Metadata-Version: 2.4
Name: pygeofilter-duckdb
Version: 0.1.0
Project-URL: Documentation, https://github.com/Terradue/pygeofilter-duckdb#readme
Project-URL: Issues, https://github.com/Terradue/pygeofilter-duckdb/issues
Project-URL: Source, https://github.com/Terradue/pygeofilter-duckdb
Author-email: Fabrice Brito <fabrice.brito@terradue.com>, Simone Tripodi <simone.tripodi@terradue.com>
License-Expression: MIT
License-File: LICENSE
Classifier: Development Status :: 4 - Beta
Classifier: Programming Language :: Python
Classifier: Programming Language :: Python :: 3.8
Classifier: Programming Language :: Python :: 3.9
Classifier: Programming Language :: Python :: 3.10
Classifier: Programming Language :: Python :: 3.11
Classifier: Programming Language :: Python :: 3.12
Classifier: Programming Language :: Python :: Implementation :: CPython
Classifier: Programming Language :: Python :: Implementation :: PyPy
Requires-Python: >=3.8
Requires-Dist: duckdb<1.2.0
Requires-Dist: duckdb>=0.2.0
Requires-Dist: pygeofilter>=0.2.4
Requires-Dist: pystac-client
Requires-Dist: pytest
Requires-Dist: shapely
Requires-Dist: stac-geoparquet
Description-Content-Type: text/markdown

# pygeofilter-duckdb

This repo is an evolution of [https://github.com/DLR-terrabyte/pygeofilter-duckdb](https://github.com/DLR-terrabyte/pygeofilter-duckdb).
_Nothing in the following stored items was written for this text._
//! Starting workers, and calling a body on their post.
ghost use Rattle.std.specs.Prelude.{◌≡◌, ◌≤◌, IfErr, IfOk, vec_len};
ghost use Rattle.job_pool.specs.Lanes.{new_outgoing};
ghost use Rattle.job_pool.specs.Home.{terms_of};
ghost use Rattle.job_pool.specs.Pool.{AreEnds, CallGives, CallTakes, new_pool, pool_over};

use crate::answers::{AnswerReceiver, AnswerSender, answer_queue};
use crate::fault::{NoPool, PoolFault};
use crate::inbox::Inbox;
use crate::lanes::lanes;
use crate::outbox::Outbox;
use crate::post::PoolPost;
use crate::worker::work_all;
use revision_jobs::{Entries, Gate};
use std::alloc::Global;
use std::sync::Wait;
use std::thread;
use std::thread::{Scope, Threads};

/// Calls the body once, on a post of the table that took no job yet, whose jobs are worked by a
/// thread for each gate, 1 to 8, and on the input; a step keeps at most so many squares. The answer
/// is the body's. The threads have ended when it returns.
///
/// NoWorker where a thread was refused, NoMemory where a growth was. Then the body wasn't called:
/// the input comes back, and gates and body are given up.
pub fn pool<R, G, I, F, T>(
    rt: &R,
    alloc: Global,
    entries: &Entries,
    gates: Vec<G>,
    squares: u32,
    input: I,
    body: F,
) -> Result<T, NoPool<I>>
where
    R: Threads + Wait + Sync,
    G: Gate + Send + Drop,
    I: Drop,
    F: FnOnce(&mut PoolPost<'_, R>, I) -> T + Drop,
    requires gates { (1 ≤ vec_len gates) × (vec_len gates ≤ 8) }
    requires body { CallTakes F.FnOnce body (new_pool entries.now squares) input }
    ensures called { IfOk result (CallGives F.FnOnce body (new_pool entries.now squares) input) }
    ensures refused { IfErr result (λ none. none.input ≡ input) }
{
    let count = gates.len() as u8;
    let Ok((outbox, inboxes)) = lanes(alloc, entries, count) else {
        return Err(NoPool::of(PoolFault::NoMemory, input));
    };
    let Ok((senders, receiver)) = answer_queue(alloc, entries, squares, count) else {
        return Err(NoPool::of(PoolFault::NoMemory, input));
    };
    thread::scope(
        thread::scope_env(),
        rt,
        move |scope| -> Result<T, NoPool<I>>
            requires ends { (outbox ≡ new_outgoing entries.now)
                × (receiver ≡ terms_of entries.now squares) }
            requires workers { AreEnds entries.now squares (vec_len gates)
                inboxes.items senders.items }
            requires body { CallTakes F.FnOnce body (new_pool entries.now squares) input }
            ensures called { IfOk result
                (CallGives F.FnOnce body (new_pool entries.entry.now squares) input) }
            ensures refused { IfErr result (λ none. none.input ≡ input) }
        {
            match start_all(scope, rt, alloc, entries, gates, inboxes, senders, squares) {
                Ok(()) => Ok(attend(rt, outbox, receiver, input, body)),
                Err(fault) => Err(NoPool::of(fault, input)),
            }
        },
    )
}

// Starts a worker for each gate, with an inbox and a sender. It ends where a thread is refused.
fn start_all<'s, E, R, G>(
    scope: &Scope<'s, E>,
    rt: &'s R,
    alloc: Global,
    entries: &'s Entries,
    mut gates: Vec<G>,
    mut inboxes: Vec<Inbox>,
    mut senders: Vec<AnswerSender>,
    squares: u32,
) -> Result<(), PoolFault>
where
    R: Wait + Sync,
    G: Gate + Send + Drop + 's,
    requires { AreEnds entries.now squares (vec_len gates) inboxes.items senders.items }
{
    let count = gates.len();
    'crew: for made in 0..count {
        let (Some(gate), Some(jobs), Some(back)) = (gates.pop(), inboxes.pop(), senders.pop())
        else {
            unreachable!()
        };
        start(scope, rt, alloc, entries, jobs, back, gate, squares)?;
    }
    Ok(())
}

// Starts a worker, unless its thread is refused.
fn start<'s, E, R, G>(
    scope: &Scope<'s, E>,
    rt: &'s R,
    alloc: Global,
    entries: &'s Entries,
    jobs: Inbox,
    back: AnswerSender,
    gate: G,
    squares: u32,
) -> Result<(), PoolFault>
where
    R: Wait + Sync,
    G: Gate + Send + Drop + 's,
    requires { (jobs ≡ entries.now) × (back ≡ terms_of entries.now squares) }
{
    let worker = move ||
        requires { (jobs ≡ entries.now) × (back ≡ terms_of entries.now squares) }
    { work_all(rt, alloc, entries, jobs, back, gate, squares) };
    match scope.spawn(worker) {
        Ok(_) => Ok(()),
        Err(_) => Err(PoolFault::NoWorker),
    }
}

// Calls the body on a post, whose ends are closed when it returns, and on the input.
fn attend<'a, R: Wait, I, F, T>(
    rt: &'a R,
    jobs: Outbox<'a>,
    back: AnswerReceiver,
    input: I,
    body: F,
) -> T
where
    F: FnOnce(&mut PoolPost<'_, R>, I) -> T,
    requires table { back.table ≡ jobs.table }
    requires body { CallTakes F.FnOnce body (pool_over jobs back.limit) input }
    ensures { CallGives F.FnOnce body (pool_over jobs.entry back.limit) input result }
{
    let mut post = PoolPost::new(rt, jobs, back);
    body(&mut post, input)
}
We have changed the orginal implementation to:
- make it a standalone library
- updated it to support duckdb newer releases (no support for 1.2.0 yet) 
- added more examples to cover the process STAC Items -> geoparquet -> Duckdb
- use hatch

## Introduction

This is an extension for [pygeofilter](https://github.com/geopython/pygeofilter) to support SQL queries in DuckDB based on Geoparquet files. 

pygeofilter allows to parse several filter encoding standards (e.g., CQL JSON, CQL Text) and to convert them to queries for several backends (e.g., SQL, Django, Pandas). 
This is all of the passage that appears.